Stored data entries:
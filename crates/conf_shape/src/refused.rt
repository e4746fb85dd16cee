use net_base::Text;

/// A limit on the size of a configuration.
#[derive(Clone, Copy, Debug, PartialEq, Eq)]
pub enum LimitName {
    Dps,
    Ports,
    Vlans,
    Mirrors,
    Special,
    Rules,
    AclEntries,
    AclOutputs,
    Members,
    Vips,
    RouterVlans,
    Routes,
    Gateways,
    RouteItems,
}

/// What is wrong with a configuration.
#[derive(Clone, Copy, Debug, PartialEq, Eq)]
pub enum ConfCause {
    /// No map of this kind has this key.
    UnknownKey,
    /// The key, or the form of the value, is one that is left out.
    LeftOut,
    /// A key that has to be there isn't.
    Missing,
    /// The value is of another type.
    WrongType,
    /// The value is of the type, and outside its range.
    OutOfRange,
    /// The text doesn't spell what it has to.
    BadText,
    /// What is named isn't there.
    Unresolved,
    /// What may be given once is given again.
    Duplicate,
    /// The check with this number isn't met.
    Conflict(u8),
    /// There are more than this limit allows.
    TooMany(LimitName),
}

/// What is wrong, and where: the keys and the places in lists (from 0) that lead there, joined by
/// points, or one point for the whole document.
#[derive(Debug, Drop)]
pub struct ConfFault {
    pub path: Text,
    pub cause: ConfCause,
}

/// Why a document gives no configuration.
#[derive(Debug, Drop)]
pub enum ConfRefused {
    /// Its first fault.
    At(ConfFault),
    /// Memory ran out.
    Memory,
}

* [Task to complete]: Your task is to find every line above containing the word "LimitName" and copy it.

* [Solution for this exercise]:
pub enum LimitName {
    TooMany(LimitName),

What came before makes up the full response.